=== Section Start ===
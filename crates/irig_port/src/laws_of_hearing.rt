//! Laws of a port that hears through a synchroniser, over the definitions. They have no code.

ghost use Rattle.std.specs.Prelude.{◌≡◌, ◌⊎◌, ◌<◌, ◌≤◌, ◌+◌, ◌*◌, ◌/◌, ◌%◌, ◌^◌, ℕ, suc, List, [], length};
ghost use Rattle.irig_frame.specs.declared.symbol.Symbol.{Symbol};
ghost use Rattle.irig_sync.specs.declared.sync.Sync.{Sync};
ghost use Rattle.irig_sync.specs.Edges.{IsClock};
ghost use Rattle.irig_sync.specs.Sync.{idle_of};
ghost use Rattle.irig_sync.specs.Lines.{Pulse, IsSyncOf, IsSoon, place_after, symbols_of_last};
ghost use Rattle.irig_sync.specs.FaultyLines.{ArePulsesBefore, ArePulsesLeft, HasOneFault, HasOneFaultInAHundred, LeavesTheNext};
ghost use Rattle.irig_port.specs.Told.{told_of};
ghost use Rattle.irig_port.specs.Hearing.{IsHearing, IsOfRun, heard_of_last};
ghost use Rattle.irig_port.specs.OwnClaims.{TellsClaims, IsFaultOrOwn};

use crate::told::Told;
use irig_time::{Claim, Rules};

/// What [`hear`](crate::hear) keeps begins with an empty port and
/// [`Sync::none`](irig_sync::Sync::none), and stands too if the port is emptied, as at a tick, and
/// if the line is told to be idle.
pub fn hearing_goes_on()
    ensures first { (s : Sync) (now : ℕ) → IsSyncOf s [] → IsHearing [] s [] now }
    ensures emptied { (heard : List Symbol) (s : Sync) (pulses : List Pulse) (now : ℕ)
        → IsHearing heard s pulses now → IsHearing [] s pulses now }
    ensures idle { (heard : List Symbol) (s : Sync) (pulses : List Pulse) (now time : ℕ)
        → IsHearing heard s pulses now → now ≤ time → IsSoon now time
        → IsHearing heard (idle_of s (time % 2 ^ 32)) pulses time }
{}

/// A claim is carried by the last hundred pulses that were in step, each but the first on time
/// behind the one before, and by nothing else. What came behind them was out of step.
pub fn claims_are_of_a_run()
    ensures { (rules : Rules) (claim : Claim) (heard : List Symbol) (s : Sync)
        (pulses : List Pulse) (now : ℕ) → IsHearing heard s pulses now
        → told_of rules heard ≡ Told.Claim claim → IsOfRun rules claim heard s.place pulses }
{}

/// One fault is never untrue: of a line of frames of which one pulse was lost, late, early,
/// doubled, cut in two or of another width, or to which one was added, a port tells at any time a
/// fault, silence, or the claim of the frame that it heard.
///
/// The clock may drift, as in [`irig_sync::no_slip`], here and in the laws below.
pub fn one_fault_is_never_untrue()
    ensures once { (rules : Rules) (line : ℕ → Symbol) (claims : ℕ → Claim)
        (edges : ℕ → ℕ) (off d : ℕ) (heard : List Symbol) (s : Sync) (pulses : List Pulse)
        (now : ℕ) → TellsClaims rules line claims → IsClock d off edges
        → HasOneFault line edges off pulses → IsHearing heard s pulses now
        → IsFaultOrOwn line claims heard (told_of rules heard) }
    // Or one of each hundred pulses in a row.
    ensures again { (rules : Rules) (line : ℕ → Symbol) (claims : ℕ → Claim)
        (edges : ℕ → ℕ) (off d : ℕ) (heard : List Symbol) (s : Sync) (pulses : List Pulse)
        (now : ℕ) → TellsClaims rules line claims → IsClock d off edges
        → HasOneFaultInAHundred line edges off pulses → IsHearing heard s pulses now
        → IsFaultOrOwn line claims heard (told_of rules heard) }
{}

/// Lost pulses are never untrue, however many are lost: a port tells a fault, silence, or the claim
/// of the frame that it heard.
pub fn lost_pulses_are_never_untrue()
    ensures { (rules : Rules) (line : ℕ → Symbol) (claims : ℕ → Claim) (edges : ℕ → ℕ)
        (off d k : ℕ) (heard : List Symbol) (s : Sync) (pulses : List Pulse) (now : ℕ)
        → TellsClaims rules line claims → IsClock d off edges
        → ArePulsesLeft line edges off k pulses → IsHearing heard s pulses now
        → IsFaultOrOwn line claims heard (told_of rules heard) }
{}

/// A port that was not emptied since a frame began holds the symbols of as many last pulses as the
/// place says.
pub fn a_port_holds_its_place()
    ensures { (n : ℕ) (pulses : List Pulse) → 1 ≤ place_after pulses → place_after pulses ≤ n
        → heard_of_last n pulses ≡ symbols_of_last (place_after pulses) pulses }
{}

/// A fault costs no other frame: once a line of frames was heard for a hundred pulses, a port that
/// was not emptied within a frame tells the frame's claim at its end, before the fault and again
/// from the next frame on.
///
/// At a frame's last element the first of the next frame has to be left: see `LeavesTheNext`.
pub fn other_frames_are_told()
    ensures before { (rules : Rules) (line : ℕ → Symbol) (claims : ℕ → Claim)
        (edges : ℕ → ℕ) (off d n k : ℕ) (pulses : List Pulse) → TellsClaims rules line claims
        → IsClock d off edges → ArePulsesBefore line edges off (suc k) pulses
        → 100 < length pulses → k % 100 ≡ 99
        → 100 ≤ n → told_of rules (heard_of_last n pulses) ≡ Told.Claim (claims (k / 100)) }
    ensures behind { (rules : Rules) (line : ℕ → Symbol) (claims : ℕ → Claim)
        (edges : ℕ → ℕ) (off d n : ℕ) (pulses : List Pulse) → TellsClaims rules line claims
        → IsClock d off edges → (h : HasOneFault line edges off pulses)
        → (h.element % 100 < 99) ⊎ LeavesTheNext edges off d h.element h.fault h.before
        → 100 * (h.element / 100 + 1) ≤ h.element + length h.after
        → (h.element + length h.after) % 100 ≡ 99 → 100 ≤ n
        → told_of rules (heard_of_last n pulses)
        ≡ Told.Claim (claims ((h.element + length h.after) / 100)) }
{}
=== Section End ===
=== Section Start ===
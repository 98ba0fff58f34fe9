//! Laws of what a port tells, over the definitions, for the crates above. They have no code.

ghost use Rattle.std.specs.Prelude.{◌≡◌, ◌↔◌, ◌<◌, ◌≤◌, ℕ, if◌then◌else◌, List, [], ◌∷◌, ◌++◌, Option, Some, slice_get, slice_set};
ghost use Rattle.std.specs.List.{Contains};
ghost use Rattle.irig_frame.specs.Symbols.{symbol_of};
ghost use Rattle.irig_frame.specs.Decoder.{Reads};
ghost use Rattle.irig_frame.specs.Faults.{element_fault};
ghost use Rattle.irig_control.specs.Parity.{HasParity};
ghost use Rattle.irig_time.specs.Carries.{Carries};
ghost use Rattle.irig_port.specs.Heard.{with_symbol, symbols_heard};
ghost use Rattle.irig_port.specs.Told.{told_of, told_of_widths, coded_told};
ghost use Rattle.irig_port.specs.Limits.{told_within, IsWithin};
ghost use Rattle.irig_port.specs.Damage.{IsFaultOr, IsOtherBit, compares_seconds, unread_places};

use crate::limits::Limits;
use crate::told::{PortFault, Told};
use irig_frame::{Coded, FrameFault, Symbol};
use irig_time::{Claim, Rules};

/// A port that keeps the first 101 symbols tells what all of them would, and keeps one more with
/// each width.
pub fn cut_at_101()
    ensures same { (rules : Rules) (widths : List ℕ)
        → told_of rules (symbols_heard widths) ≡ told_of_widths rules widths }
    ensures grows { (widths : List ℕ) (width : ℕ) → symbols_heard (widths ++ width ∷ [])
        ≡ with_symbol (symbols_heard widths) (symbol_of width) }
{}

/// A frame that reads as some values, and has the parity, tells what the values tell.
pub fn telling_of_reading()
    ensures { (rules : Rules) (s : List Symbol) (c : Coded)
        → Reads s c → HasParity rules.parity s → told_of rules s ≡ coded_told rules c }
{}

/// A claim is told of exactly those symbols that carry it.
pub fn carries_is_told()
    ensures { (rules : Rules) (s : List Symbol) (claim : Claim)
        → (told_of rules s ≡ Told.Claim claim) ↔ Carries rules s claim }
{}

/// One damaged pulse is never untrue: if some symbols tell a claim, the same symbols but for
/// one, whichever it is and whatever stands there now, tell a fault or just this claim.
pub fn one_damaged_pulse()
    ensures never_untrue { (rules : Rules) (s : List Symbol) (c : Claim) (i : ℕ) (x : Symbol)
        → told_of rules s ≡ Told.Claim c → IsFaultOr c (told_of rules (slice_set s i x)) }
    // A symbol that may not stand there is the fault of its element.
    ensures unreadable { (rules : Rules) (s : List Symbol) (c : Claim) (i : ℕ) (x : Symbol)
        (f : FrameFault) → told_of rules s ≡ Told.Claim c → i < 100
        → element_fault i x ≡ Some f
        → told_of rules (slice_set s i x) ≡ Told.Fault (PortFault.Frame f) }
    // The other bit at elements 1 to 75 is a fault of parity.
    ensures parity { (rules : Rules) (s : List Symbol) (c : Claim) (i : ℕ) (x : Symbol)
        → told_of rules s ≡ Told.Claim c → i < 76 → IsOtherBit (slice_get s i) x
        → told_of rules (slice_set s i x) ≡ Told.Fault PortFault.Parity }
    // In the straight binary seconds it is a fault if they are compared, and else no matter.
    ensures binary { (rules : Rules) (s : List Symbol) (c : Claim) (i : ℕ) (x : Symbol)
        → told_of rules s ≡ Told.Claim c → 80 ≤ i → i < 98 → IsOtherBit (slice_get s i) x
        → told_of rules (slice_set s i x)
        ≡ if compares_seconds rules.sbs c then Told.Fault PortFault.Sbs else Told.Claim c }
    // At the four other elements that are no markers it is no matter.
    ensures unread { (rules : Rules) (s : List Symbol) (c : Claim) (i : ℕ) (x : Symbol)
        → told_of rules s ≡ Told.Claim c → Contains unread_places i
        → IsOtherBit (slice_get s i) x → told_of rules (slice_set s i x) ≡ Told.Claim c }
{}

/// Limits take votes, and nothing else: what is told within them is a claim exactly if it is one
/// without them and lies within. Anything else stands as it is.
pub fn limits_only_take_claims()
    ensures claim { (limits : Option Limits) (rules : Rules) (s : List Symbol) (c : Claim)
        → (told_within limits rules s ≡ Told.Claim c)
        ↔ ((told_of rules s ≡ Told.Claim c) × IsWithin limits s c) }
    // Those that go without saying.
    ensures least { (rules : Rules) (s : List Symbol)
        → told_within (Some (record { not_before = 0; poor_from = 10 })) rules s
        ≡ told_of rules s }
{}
=== Section End ===
Go through the records. Copy each line where "over" appears.

Response to the exercise:
//! Laws of a port that hears through a synchroniser, over the definitions. They have no code.
//! Laws of what a port tells, over the definitions, for the crates above. They have no code.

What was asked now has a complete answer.